Mind Passthrough

Nicolas Ochem's mumblings on virtualization and network policy

Branch-aware Git Submodules

Large software projects often build their release from many repositories. It it tempting to set up a super-repository referencing all your shipping code through git submodules. Since each commit of your superproject contains an unambiguous reference to a particular commit of every submodule, you can tag your superproject to define a release or nightly build.

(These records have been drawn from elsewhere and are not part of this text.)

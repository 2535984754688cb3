// The worked session and limits of the rules, with the numbers written out.
// Refusals stand here as a number and a spot too: that is what people are told.
use crate::drawn::disagrees;
use entry::kinds::Net;
use model::answers::{Refusal, refused};
use model::call::{Call, Named};
use month::phase::{Month, Open};
use std::alloc::{AllocError, Global};
use trial::making::{Shape, refusal_of};
use trial::staged::Staged;

const SEVEN: Named = Named {
    number: 7,
    seller: 1,
    buyer: 2,
    submarket: 1,
    class: 1,
    source: 0,
    first: 1,
    last: 4,
    amount: 10,
};

fn confirmation(heap: Global, number: u16) -> Result<Call, AllocError> {
    Ok(Call::Confirm {
        number,
        agent: 2,
        weights: vec![in heap; 1u32; 4]?,
    })
}

// An offer of an amount by agent 1 to agent 2.
fn offer(number: u16, amount: u32) -> Call {
    Call::Offer(Named {
        number,
        amount,
        ..SEVEN
    })
}

// An open month of four hours beside its account.
#[derive(Drop)]
struct Stage<'a> {
    staged: &'a mut Staged<Net>,
    month: &'a mut Month<Open>,
}

impl<'a> Stage<'a> {
    // Makes a call on a month of four hours, on the even scale, and answers what it is told.
    fn told(&mut self, call: Call) -> anyhow::Result<Result<(), Refusal>> {
        let answer = self.staged.make(self.month, &call, Shape::Even, &[1; 4]);
        self.staged.note(call, answer)
    }

    // Whether an agent's net position in submarket 1 is this number.
    fn stands(&self, agent: u16, hour: u16, units: i64) -> bool {
        self.month
            .true_position::<Net>(self.staged.board.as_slice(), agent, 1, hour)
            .is_ok_and(|entry| entry.units == units)
    }

    // Whether a call is told this, and leaves this net position.
    fn leaves(
        &mut self,
        call: Call,
        wanted: Result<(), Refusal>,
        (agent, hour, units): (u16, u16, i64),
    ) -> anyhow::Result<bool> {
        let answered = self.told(call)? == wanted;
        Ok(answered && self.stands(agent, hour, units))
    }

    fn session_holds(&mut self, heap: Global) -> anyhow::Result<bool> {
        let cut = Call::Tell { agent: 1, kwh: 5 };
        let confirmed = confirmation(heap, 7)?;
        let again = confirmation(heap, 7)?;
        Ok(
            self.leaves(Call::Offer(SEVEN), Ok(()), (1, 2, 0))?
                && self.leaves(confirmed, Ok(()), (1, 2, 3))?
                && self.leaves(cut, Ok(()), (2, 4, -2))?
                && self.leaves(again, refused(10, 1), (2, 4, -2))?
                && self.stands(1, 2, 1),
        )
    }

    // The limits of an amount, and of a seller's amounts in force.
    fn limits_hold(&mut self, heap: Global) -> anyhow::Result<bool> {
        for (number, amount, wanted) in [
            (1, 0, refused(4, 9)),
            (1, 1_000_000_001, refused(4, 9)),
            (1, 1_000_000_000, Ok(())),
            (2, 1_000_000_000, Ok(())),
            (3, 1, Ok(())),
        ] {
            if self.told(offer(number, amount))? != wanted {
                return Ok(false);
            }
        }
        for (number, wanted) in [(1, Ok(())), (2, Ok(())), (3, refused(15, 3))] {
            let call = confirmation(heap, number)?;
            if self.told(call)? != wanted {
                return Ok(false);
            }
        }
        Ok(true)
    }
}

// Whether a month of so many hours is told this when it is opened.
fn hours_hold(heap: Global, hours: u16, wanted: Result<(), Refusal>) -> Result<bool, AllocError> {
    let mut staged: Staged<Net> = Staged::new(heap, 2, hours, 1)?;
    let opened = staged.open().map(|month| {
        let _ = month.discard();
    });
    Ok(opened.map_err(refusal_of) == wanted)
}

fn session_case(heap: Global) -> anyhow::Result<bool> {
    let mut staged: Staged<Net> = Staged::new(heap, 3, 4, 2)?;
    let Ok(mut month) = staged.open() else {
        return Ok(false);
    };
    let lived = Stage {
        staged: &mut staged,
        month: &mut month,
    }
    .session_holds(heap);
    let closed = month.close();
    let certified = staged.compare_line(heap, &closed, 2, (0, 5));
    closed.discard();
    Ok(lived? && certified.is_ok())
}

fn limits_case(heap: Global) -> anyhow::Result<bool> {
    let mut staged: Staged<Net> = Staged::new(heap, 2, 4, 3)?;
    let Ok(mut month) = staged.open() else {
        return Ok(false);
    };
    let held = Stage {
        staged: &mut staged,
        month: &mut month,
    }
    .limits_hold(heap);
    month.discard();
    Ok(held? && hours_hold(heap, 744, Ok(()))? && hours_hold(heap, 745, refused(3, 2))?)
}

pub fn compare_session(rt: &HostRuntime) -> anyhow::Result<()> {
    if !session_case(rt.alloc())? {
        return disagrees(rt, "worked session", 1);
    }
    if !limits_case(rt.alloc())? {
        return disagrees(rt, "worked session", 2);
    }
    println!(rt; "worked session: its positions, its refusal, its line and the limits agree")?;
    Ok(())
}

All it takes is a single command to retrieve all the source code for a particular release.

1
2
# checking out all source code for 3.11 release
git clone --recursive superproject -b 3.11

It is very useful for archival purposes or code escrow. In this post, we explore how to set that up.

Setting up submodules

There used to be no straightforward way to update your submodules. You would have to extract the SHA checksum of the desired commit of every submodule, and point your superproject to each one of them. git submodule update would check out the submodule code. Add branching logic to the mix, and you ended up with fairly complex code.

Since git 1.8.2, it has become much easier. When defining a submodule, you can now specify which branch it is supposed to track.

Say you are building your superproject from components A and B. Your development builds are built from branch master of component A and branch dev of component B. The following commands will set up the superproject:

1
2
3
git init
git submodule --branch dev add <git repo of component A>
git submodule --branch master add <git repo of component B>

Git will store the relationship with the sumbodules in the .gitmodule file.

1
2
3
4
5
6
7
8
9
# content of .gitmodules files on master branch
[submodule "component_A"]
    path = component_A
    url = <git repo of component A>
    branch = dev
[submodule "component_B"]
    path = component_B
    url = <git repo of component B>
    branch = master

Then all it takes to fetch the last commits from the components is:

1
git submodule update --remote

You can issue git submodule status to verify that the commit SHA1 hashes match the latest commits of your component repositories:

1
2
3
nochem@bonk:/tmp/submodules/superproject$ git submodule status
 9665f1cd09faa63c6e3211712a805c49bf99c7c5 component_A (heads/dev)
 323db44f229e794850fec8afb5e8964d813d9a30 component_B (heads/master)

Then your automated build system may just automatically tag nightlies for all your components every night:

1
2
3
4
5
git checkout master
git submodule update --remote
# do the build.
git commit -a -m "Nightly build 345"
git tag master-nightly-345

Of course, this does not dispense you from tagging your component repositories individually.

Adding a branch

If your release branch is named “3.11” on both components, you may create a branch 3.11 on your superproject, delete the submodules (with the git submodule deinit command available since release 1.8.3 of git), then recreate them again giving the correct --branch option.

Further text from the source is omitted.